◆ YOUR ASSIGNMENT
Your reply should be an exact copy of the lines from the one that holds "use qm_mesh::Mesh;" to the end of the data below.

[Stored data entries]
>>>

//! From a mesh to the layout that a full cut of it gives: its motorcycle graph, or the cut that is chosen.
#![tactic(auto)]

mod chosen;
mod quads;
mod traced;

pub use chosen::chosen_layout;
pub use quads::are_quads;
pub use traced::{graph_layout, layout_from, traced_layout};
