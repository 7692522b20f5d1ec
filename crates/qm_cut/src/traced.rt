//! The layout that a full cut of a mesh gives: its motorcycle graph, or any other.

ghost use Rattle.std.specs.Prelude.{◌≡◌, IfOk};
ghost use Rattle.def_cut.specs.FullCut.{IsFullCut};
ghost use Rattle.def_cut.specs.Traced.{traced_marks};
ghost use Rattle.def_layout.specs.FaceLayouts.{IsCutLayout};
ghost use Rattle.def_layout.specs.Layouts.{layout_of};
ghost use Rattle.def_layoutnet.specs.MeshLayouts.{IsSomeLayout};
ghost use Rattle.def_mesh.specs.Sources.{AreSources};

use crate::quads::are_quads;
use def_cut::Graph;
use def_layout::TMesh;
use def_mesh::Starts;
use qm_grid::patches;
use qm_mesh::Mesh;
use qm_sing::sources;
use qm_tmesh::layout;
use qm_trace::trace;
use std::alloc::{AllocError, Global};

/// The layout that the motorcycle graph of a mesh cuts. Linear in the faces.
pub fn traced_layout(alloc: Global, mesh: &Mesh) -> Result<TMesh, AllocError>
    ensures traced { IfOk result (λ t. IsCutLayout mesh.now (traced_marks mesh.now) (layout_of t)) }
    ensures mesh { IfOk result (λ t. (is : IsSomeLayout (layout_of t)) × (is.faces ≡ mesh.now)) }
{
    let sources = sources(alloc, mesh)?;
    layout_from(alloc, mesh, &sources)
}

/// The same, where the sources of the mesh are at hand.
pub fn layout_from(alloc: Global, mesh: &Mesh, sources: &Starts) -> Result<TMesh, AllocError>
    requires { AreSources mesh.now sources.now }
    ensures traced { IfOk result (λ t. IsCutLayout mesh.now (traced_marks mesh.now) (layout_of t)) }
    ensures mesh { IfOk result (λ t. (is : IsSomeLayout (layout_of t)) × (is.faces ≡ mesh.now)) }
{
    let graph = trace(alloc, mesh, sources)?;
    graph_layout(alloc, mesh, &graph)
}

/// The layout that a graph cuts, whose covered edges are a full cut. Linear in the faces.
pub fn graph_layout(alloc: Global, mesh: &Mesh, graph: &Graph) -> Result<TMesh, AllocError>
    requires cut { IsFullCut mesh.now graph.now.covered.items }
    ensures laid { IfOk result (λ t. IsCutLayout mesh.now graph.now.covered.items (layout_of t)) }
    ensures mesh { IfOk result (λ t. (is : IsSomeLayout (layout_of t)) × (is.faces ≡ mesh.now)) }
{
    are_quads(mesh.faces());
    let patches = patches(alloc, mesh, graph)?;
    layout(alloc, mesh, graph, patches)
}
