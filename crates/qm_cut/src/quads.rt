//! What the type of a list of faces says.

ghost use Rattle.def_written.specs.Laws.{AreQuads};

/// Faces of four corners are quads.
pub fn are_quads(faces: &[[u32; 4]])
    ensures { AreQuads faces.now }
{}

<<<

◆ TASK RESPONSE
use qm_mesh::Mesh;
use qm_sing::sources;
use qm_tmesh::layout;
use qm_trace::trace;
use std::alloc::{AllocError, Global};

/// The layout that the motorcycle graph of a mesh cuts. Linear in the faces.
pub fn traced_layout(alloc: Global, mesh: &Mesh) -> Result<TMesh, AllocError>
    ensures traced { IfOk result (λ t. IsCutLayout mesh.now (traced_marks mesh.now) (layout_of t)) }
    ensures mesh { IfOk result (λ t. (is : IsSomeLayout (layout_of t)) × (is.faces ≡ mesh.now)) }
{
    let sources = sources(alloc, mesh)?;
    layout_from(alloc, mesh, &sources)
}

/// The same, where the sources of the mesh are at hand.
pub fn layout_from(alloc: Global, mesh: &Mesh, sources: &Starts) -> Result<TMesh, AllocError>
    requires { AreSources mesh.now sources.now }
    ensures traced { IfOk result (λ t. IsCutLayout mesh.now (traced_marks mesh.now) (layout_of t)) }
    ensures mesh { IfOk result (λ t. (is : IsSomeLayout (layout_of t)) × (is.faces ≡ mesh.now)) }
{
    let graph = trace(alloc, mesh, sources)?;
    graph_layout(alloc, mesh, &graph)
}

/// The layout that a graph cuts, whose covered edges are a full cut. Linear in the faces.
pub fn graph_layout(alloc: Global, mesh: &Mesh, graph: &Graph) -> Result<TMesh, AllocError>
    requires cut { IsFullCut mesh.now graph.now.covered.items }
    ensures laid { IfOk result (λ t. IsCutLayout mesh.now graph.now.covered.items (layout_of t)) }
    ensures mesh { IfOk result (λ t. (is : IsSomeLayout (layout_of t)) × (is.faces ≡ mesh.now)) }
{
    are_quads(mesh.faces());
    let patches = patches(alloc, mesh, graph)?;
    layout(alloc, mesh, graph, patches)
}
filename crates/qm_cut/src/quads.rt
//! What the type of a list of faces says.

ghost use Rattle.def_written.specs.Laws.{AreQuads};

/// Faces of four corners are quads.
pub fn are_quads(faces: &[[u32; 4]])
    ensures { AreQuads faces.now }
{}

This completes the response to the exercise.